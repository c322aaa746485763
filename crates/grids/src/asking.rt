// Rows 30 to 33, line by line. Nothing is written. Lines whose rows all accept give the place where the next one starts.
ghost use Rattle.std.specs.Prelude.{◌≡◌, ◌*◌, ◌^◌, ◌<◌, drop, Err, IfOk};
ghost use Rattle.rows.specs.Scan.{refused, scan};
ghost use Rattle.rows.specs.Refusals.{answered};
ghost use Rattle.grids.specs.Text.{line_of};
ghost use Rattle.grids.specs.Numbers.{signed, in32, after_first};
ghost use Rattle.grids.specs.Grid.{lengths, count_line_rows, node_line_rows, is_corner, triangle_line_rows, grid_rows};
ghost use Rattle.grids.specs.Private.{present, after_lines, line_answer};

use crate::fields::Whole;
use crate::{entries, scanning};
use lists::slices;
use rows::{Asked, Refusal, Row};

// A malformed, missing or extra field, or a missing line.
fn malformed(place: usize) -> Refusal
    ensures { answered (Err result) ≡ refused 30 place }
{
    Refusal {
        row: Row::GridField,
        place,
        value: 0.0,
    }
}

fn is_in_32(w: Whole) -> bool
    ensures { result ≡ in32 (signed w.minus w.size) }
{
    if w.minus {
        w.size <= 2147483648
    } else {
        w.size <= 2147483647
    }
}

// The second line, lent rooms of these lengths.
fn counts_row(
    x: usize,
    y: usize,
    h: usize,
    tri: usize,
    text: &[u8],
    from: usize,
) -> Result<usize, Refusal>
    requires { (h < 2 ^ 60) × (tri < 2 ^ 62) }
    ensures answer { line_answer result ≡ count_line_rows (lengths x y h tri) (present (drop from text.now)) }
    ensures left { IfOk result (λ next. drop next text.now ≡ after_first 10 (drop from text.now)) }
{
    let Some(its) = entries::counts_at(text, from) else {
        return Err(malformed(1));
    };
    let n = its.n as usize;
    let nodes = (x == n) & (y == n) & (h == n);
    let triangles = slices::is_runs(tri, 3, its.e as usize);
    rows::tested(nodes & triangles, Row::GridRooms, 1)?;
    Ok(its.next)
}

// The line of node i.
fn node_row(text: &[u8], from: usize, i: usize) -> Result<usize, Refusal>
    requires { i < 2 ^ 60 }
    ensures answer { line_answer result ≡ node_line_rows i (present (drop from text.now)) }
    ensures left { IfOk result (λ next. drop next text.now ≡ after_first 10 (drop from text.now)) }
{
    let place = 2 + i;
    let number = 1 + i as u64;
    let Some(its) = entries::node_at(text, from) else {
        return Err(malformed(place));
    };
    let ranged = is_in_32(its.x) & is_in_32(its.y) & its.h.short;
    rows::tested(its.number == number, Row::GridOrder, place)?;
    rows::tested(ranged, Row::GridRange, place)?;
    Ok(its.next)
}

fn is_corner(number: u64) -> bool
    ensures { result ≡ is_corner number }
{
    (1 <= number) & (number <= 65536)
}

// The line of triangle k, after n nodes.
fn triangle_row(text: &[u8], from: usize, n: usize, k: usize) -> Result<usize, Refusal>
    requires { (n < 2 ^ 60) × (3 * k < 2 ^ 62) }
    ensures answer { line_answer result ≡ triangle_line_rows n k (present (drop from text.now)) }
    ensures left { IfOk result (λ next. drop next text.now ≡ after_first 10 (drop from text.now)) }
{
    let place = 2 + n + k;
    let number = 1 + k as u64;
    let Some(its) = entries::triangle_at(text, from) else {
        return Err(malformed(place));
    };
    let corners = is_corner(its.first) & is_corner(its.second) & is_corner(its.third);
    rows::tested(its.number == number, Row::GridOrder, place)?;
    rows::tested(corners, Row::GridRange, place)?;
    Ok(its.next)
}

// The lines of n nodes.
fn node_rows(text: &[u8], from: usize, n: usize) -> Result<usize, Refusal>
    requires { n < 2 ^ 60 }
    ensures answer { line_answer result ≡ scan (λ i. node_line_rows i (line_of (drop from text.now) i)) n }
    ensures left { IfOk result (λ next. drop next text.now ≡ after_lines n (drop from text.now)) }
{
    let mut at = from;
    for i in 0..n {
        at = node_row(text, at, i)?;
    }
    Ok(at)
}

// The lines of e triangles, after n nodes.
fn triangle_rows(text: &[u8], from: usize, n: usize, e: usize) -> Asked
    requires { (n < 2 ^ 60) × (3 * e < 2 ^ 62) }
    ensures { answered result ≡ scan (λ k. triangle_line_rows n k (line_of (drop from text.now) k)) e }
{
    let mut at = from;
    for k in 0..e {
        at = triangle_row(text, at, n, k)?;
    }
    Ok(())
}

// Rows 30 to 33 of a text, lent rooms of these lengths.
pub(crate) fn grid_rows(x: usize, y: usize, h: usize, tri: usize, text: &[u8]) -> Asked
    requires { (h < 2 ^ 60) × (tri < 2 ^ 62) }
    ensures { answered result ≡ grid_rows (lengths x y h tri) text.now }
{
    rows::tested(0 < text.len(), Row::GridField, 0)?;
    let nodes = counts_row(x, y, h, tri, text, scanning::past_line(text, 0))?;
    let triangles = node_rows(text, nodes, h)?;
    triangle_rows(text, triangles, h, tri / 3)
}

* * *

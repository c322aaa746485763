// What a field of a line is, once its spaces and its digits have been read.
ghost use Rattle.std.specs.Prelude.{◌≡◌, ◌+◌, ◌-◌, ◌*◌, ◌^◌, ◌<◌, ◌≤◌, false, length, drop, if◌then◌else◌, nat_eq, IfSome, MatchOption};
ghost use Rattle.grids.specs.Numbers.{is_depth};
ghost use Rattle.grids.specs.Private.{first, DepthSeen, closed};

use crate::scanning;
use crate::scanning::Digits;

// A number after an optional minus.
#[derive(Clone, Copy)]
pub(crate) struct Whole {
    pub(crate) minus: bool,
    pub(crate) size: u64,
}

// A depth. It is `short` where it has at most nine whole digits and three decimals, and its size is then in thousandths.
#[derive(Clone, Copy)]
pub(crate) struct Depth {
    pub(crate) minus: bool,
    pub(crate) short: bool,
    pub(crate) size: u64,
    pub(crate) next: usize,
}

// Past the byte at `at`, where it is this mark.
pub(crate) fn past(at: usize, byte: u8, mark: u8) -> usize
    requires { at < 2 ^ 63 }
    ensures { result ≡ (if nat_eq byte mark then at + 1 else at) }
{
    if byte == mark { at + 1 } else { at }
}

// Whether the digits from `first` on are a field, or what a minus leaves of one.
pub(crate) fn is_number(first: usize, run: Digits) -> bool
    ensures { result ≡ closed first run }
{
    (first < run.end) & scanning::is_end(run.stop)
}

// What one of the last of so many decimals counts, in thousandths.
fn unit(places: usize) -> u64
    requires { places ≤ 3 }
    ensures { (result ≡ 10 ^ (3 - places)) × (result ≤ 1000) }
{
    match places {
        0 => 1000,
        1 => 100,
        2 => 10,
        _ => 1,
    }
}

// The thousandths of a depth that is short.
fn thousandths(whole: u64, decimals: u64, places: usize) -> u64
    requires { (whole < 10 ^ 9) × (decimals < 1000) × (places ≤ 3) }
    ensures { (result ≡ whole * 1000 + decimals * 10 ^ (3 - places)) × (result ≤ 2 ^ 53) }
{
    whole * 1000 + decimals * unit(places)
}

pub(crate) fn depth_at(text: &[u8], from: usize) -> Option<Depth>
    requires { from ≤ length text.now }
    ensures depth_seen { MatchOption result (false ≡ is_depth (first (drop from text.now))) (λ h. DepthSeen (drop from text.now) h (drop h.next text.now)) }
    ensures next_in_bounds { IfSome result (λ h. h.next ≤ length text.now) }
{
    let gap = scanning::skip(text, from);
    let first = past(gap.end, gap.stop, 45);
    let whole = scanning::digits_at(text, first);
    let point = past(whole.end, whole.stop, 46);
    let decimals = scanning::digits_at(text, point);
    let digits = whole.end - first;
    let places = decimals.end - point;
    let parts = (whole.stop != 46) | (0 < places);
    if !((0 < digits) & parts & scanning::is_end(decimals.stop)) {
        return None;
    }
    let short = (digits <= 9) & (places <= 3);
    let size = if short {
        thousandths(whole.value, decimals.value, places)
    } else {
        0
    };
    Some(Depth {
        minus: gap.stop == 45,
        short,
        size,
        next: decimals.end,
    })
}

TASK DESCRIPTION: Please return the lines above that run from the line containing "fn node_row(text: &[u8], from: usize, i: usize)" to the line containing "k, after n nodes.", inclusive, exactly and with no other lines.

ANSWER BOX:
fn node_row(text: &[u8], from: usize, i: usize) -> Result<usize, Refusal>
    requires { i < 2 ^ 60 }
    ensures answer { line_answer result ≡ node_line_rows i (present (drop from text.now)) }
    ensures left { IfOk result (λ next. drop next text.now ≡ after_first 10 (drop from text.now)) }
{
    let place = 2 + i;
    let number = 1 + i as u64;
    let Some(its) = entries::node_at(text, from) else {
        return Err(malformed(place));
    };
    let ranged = is_in_32(its.x) & is_in_32(its.y) & its.h.short;
    rows::tested(its.number == number, Row::GridOrder, place)?;
    rows::tested(ranged, Row::GridRange, place)?;
    Ok(its.next)
}

fn is_corner(number: u64) -> bool
    ensures { result ≡ is_corner number }
{
    (1 <= number) & (number <= 65536)
}

// The line of triangle k, after n nodes.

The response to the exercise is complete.